Poor playwrights. They lie at the mercy of their interpreters, and some of those scribes, at least the living ones, don't like it. Edward Albee has been known to send spies to community
theatre productions of his plays to ensure that the actors remain true to his intentions. Samuel Beckett once took a theatre company to court to try to put a stop to an all-female production of Waiting for Godot. And if you try to do some gender swapping with Oklahoma!, Rodgers and Hammerstein will rise from their graves to prevent it.
But when it comes to the performing arts, artistic license rules, and as long as men are playing the men's roles and women the women's, you can pretty much get away with anything. Which brings us to Zach Theatre's latest Equity production of Mary Zimmerman's Metamorphoses. Based on the epic of the same name by the Roman poet Ovid, Zimmerman's theatrical adaptation retells the stories of a number of Greek myths – Midas, Orpheus and Eurydice, and Narcissus, among others – in order to focus on that most timeless and endlessly fascinating subject, love. Director Dave Steakley has chosen, in one notable instance, to take one of the stories and update it to the present day, dressing Midas, he of the golden touch, in jeans and a 10-gallon hat and having him speak with a Texas twang.

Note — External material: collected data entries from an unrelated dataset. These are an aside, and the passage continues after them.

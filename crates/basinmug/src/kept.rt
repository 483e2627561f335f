//! A reader or a writer that keeps why it failed.
ghost use Rattle.std.specs.Io.{ReadsAtMost, WritesAtMost};
ghost use Rattle.std.specs.Io.KnownBytes.{Keeps, ReadConsumes, WriteAppends};
ghost use Rattle.std.specs.Prelude.{◌≡◌};
ghost use Rattle.basinmug.specs.Kept.{error_after, error_of, stream_of};

use std::io::{self, Read, Write};

/// Passes each call on to a reader or a writer, and keeps the last error that it returned.
#[derive(Drop)]
pub struct Kept<S> {
    stream: S,
    error: Option<io::Error>,
}

impl<S> Kept<S> {
    /// Keeps the errors of `stream` from here on.
    pub fn new(stream: S) -> Kept<S>
        ensures stream { stream_of result ≡ stream }
        ensures error { error_of result ≡ None }
    {
        Kept {
            stream,
            error: None,
        }
    }

    /// The last error, if there was one.
    pub fn error(&self) -> Option<io::Error>
        ensures { result ≡ error_of self.now }
    {
        self.error
    }
}

impl<R: Read> Read for Kept<R> {
    ghost remaining = { λ kept. R.remaining (stream_of kept) };

    fn read(&mut self, buf: &mut [u8]) -> io::Result<usize>
        ensures bound { ReadsAtMost result buf.new }
        ensures bytes { ReadConsumes (R.remaining (stream_of self.old)) (R.remaining (stream_of self.new)) result buf.new }
        ensures error { error_of self.new ≡ error_after result (error_of self.old) }
    {
        let answer = self.stream.read(buf);
        if let Err(error) = &answer {
            self.error = Some(*error);
        }
        answer
    }
}

impl<W: Write> Write for Kept<W> {
    ghost contents = { λ kept. W.contents (stream_of kept) };

    fn write(&mut self, buf: &[u8]) -> io::Result<usize>
        ensures bound { WritesAtMost result buf.now }
        ensures bytes { WriteAppends (W.contents (stream_of self.old)) (W.contents (stream_of self.new)) result buf.now }
        ensures error { error_of self.new ≡ error_after result (error_of self.old) }
    {
        let answer = self.stream.write(buf);
        if let Err(error) = &answer {
            self.error = Some(*error);
        }
        answer
    }

    fn flush(&mut self) -> io::Result<()>
        ensures bytes { Keeps (W.contents (stream_of self.old)) (W.contents (stream_of self.new)) }
        ensures error { error_of self.new ≡ error_after result (error_of self.old) }
    {
        let answer = self.stream.flush();
        if let Err(error) = &answer {
            self.error = Some(*error);
        }
        answer
    }
}
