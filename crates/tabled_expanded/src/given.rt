//! Functions that give the heads of records.
ghost use Rattle.std.specs.Prelude.{◌≡◌};

use crate::template::Template;
use grid_config_values::Fault;
use std::alloc::{AllocError, Global};
use std::marker::Model;

/// A function that gives the text in the head of each record. In a contract it is that function.
#[derive(Drop)]
pub struct Given<F> {
    function: F,
}

impl<F> Model for Given<F> {
    ghost Value = { F };

    ghost view = { λ given. given.function };
}

impl<F> Given<F> {
    pub(crate) fn new(function: F) -> Given<F>
        ensures { result ≡ function }
    {
        Given { function }
    }
}

/// What the function returns for the number of the record, provided that it may be called for each.
impl<F: Fn(Global, usize) -> Result<String, Fault>> Template for Given<F> {
    ghost use Rattle.std.specs.declared.alloc.Global.{Global as Heap};

    ghost can_give = { λ function. F.IsAlwaysCallable function };

    ghost gives = { λ function number answer. (alloc : Heap) × F.post function alloc number answer };

    fn head(&self, alloc: Global, number: usize) -> Result<String, Fault> {
        (self.function)(alloc, number)
    }
}

/// A clone of the function.
impl<F: Clone> Clone for Given<F> {
    ghost is_clone = { λ source clone. F.is_clone source clone };

    ghost is_infallible = { λ source. F.is_infallible source };

    fn clone(&self) -> Result<Given<F>, AllocError> {
        Ok(Given::new(self.function.clone()?))
    }
}
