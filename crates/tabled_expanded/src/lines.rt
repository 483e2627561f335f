//! The lines of tables in expanded form.
ghost use Rattle.std.specs.Prelude.{◌≡◌, ◌+◌, ◌^◌, ◌<◌, ◌++◌, ◌∷◌, OnOk, chars, length, map, replicate, string_bytes};
ghost use Rattle.grid_records_measure.specs.TextLines.{line_feed};
ghost use Rattle.tabled_expanded.specs.Expanded.{behind_feeds, field_line, field_lines, filled_from, head_line, joined_lines, record_lines, widest_text, widest_value};
ghost use Rattle.tabled_text.specs.Rows.{text_rows};

use grid_records_measure::get_line_width;
use std::alloc::AllocError;

/// The columns of the widest text, each read as one line.
pub(crate) fn widest_text(texts: &[String]) -> usize
    ensures { result ≡ widest_text (map string_bytes texts.now) }
{
    let mut widest = 0;
    for text in texts {
        widest = get_line_width(text).max(widest);
    }
    widest
}

/// The columns of the widest value of these records.
pub(crate) fn widest_value(records: &[Vec<String>]) -> usize
    ensures { result ≡ widest_value (text_rows records.now) }
{
    let mut widest = 0;
    for values in records {
        widest = widest_text(values).max(widest);
    }
    widest
}

/// Appends the lines of a record, with a line feed between each two, where the widest field and the widest value
/// take so many columns.
pub(crate) fn push_record(
    out: &mut String,
    widths: (usize, usize),
    fields: &[String],
    head: &str,
    values: &[String],
) -> Result<(), AllocError>
    requires { widths.0 + 3 + widths.1 < 2 ^ 64 }
    ensures { OnOk result (string_bytes out.new ≡ string_bytes out.old ++ joined_lines (record_lines widths.0 widths.1 (map string_bytes fields.now) head.now (map string_bytes values.now))) }
{
    let (field_width, value_width) = widths;
    push_head(out, field_width, value_width, head)?;
    push_fields(out, field_width, fields, values)
}

// Appends the head around a text.
fn push_head(
    out: &mut String,
    field_width: usize,
    value_width: usize,
    text: &str,
) -> Result<(), AllocError>
    requires { field_width + 3 + value_width < 2 ^ 64 }
    ensures { OnOk result (string_bytes out.new ≡ string_bytes out.old ++ head_line field_width value_width text.now) }
{
    out.push('-')?;
    out.push_str(text)?;
    out.push('-')?;
    push_filling(out, field_width, value_width, text.len())
}

// Appends what fills a head around a text of so many bytes.
fn push_filling(
    out: &mut String,
    field_width: usize,
    value_width: usize,
    len: usize,
) -> Result<(), AllocError>
    requires { field_width + 3 + value_width < 2 ^ 64 }
    ensures { OnOk result (string_bytes out.new ≡ string_bytes out.old ++ filled_from field_width value_width (len + 2)) }
{
    if len < field_width {
        push_repeated(out, '-', field_width - 1 - len)?;
        out.push('+')?;
        push_repeated(out, '-', value_width + 1)
    } else {
        let line = field_width + 1 + value_width;
        push_repeated(out, '-', line.saturating_sub(len))
    }
}

// Appends a line for each value that has a field, each after a line feed.
fn push_fields(
    out: &mut String,
    width: usize,
    fields: &[String],
    values: &[String],
) -> Result<(), AllocError>
    ensures { OnOk result (string_bytes out.new ≡ string_bytes out.old ++ behind_feeds (field_lines width (map string_bytes fields.now) (map string_bytes values.now))) }
{
    for (field, value) in fields.iter().zip(values.iter()) {
        push_field(out, width, field, value)?;
    }
    Ok(())
}

// Appends the line of a field and its value after a line feed.
fn push_field(out: &mut String, width: usize, field: &str, value: &str) -> Result<(), AllocError>
    ensures { OnOk result (string_bytes out.new ≡ string_bytes out.old ++ line_feed ∷ field_line width field.now value.now) }
{
    out.push('\n')?;
    out.push_str(field)?;
    push_repeated(out, ' ', width.saturating_sub(count_characters(field)))?;
    out.push_str(" | ")?;
    out.push_str(value)
}

// How many characters a text has, those of its sequences too.
fn count_characters(text: &str) -> usize
    ensures { result ≡ length (chars text.now) }
{
    text.chars().count()
}

// Appends an ASCII character so many times.
fn push_repeated(out: &mut String, character: char, count: usize) -> Result<(), AllocError>
    requires { character < 128 }
    ensures { OnOk result (string_bytes out.new ≡ string_bytes out.old ++ replicate count character) }
{
    out.reserve(count)?;
    for _ in 0..count {
        out.push(character)?;
    }
    Ok(())
}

Steakley doesn't always try to update the myths, which is a good thing. Staging these timeless stories in and around a pool of water on Zach's Whisenhunt Stage, Steakley and his designers, almost without fail, echo the origins of the stories. The gods – Zeus, Poseidon, Hermes, Apollo – are immediately recognizable to anyone with a passing knowledge of myth, thanks to Blair Hurry's sumptuous and character-specific costume design. Add Nicole Whiteside's aerial choreography, through which most every god descends from the upper regions of the theatre – sometimes slipping straight into the water, sometimes hanging in space and performing the most acrobatic of dances – and you have an evening of palpable theatrical magic. Whiteside is ably assisted by multiple aerialists, and although the show is a true ensemble effort in which 15 performers take on multiple roles, one of the aerialists, Andy Agne, particularly stands out with a presence that is magnetic and undeniable – he all but steals the show without ever speaking a word, especially as the angry Poseidon. Among those who do speak, Rachel Wiese brings a believable sense of wicked play to the nymph Oread, of innocence to the doomed Eurydice, and of real tragedy to the incestuous Myrrha.
But that Midas in a 10-gallon hat hangs with me, as does the choice of having so many of the actors declaim the text. This declamation is particularly pronounced in the many narrators that tell the tales. Granted, Zimmerman uses a kind of formal language, but the stentorian delivery doesn't support it, perhaps because this is a play about love – and love, more often than not, is soft, gentle, and caring, not loud, sharp, and precise. And while the parallel between Midas and a rich Texas rancher can certainly be drawn, that Texas twang doesn't sound right coming from this king, and these stories that reach from the distant past to touch us in the present don't seem to sit comfortably in a Lone Star frame.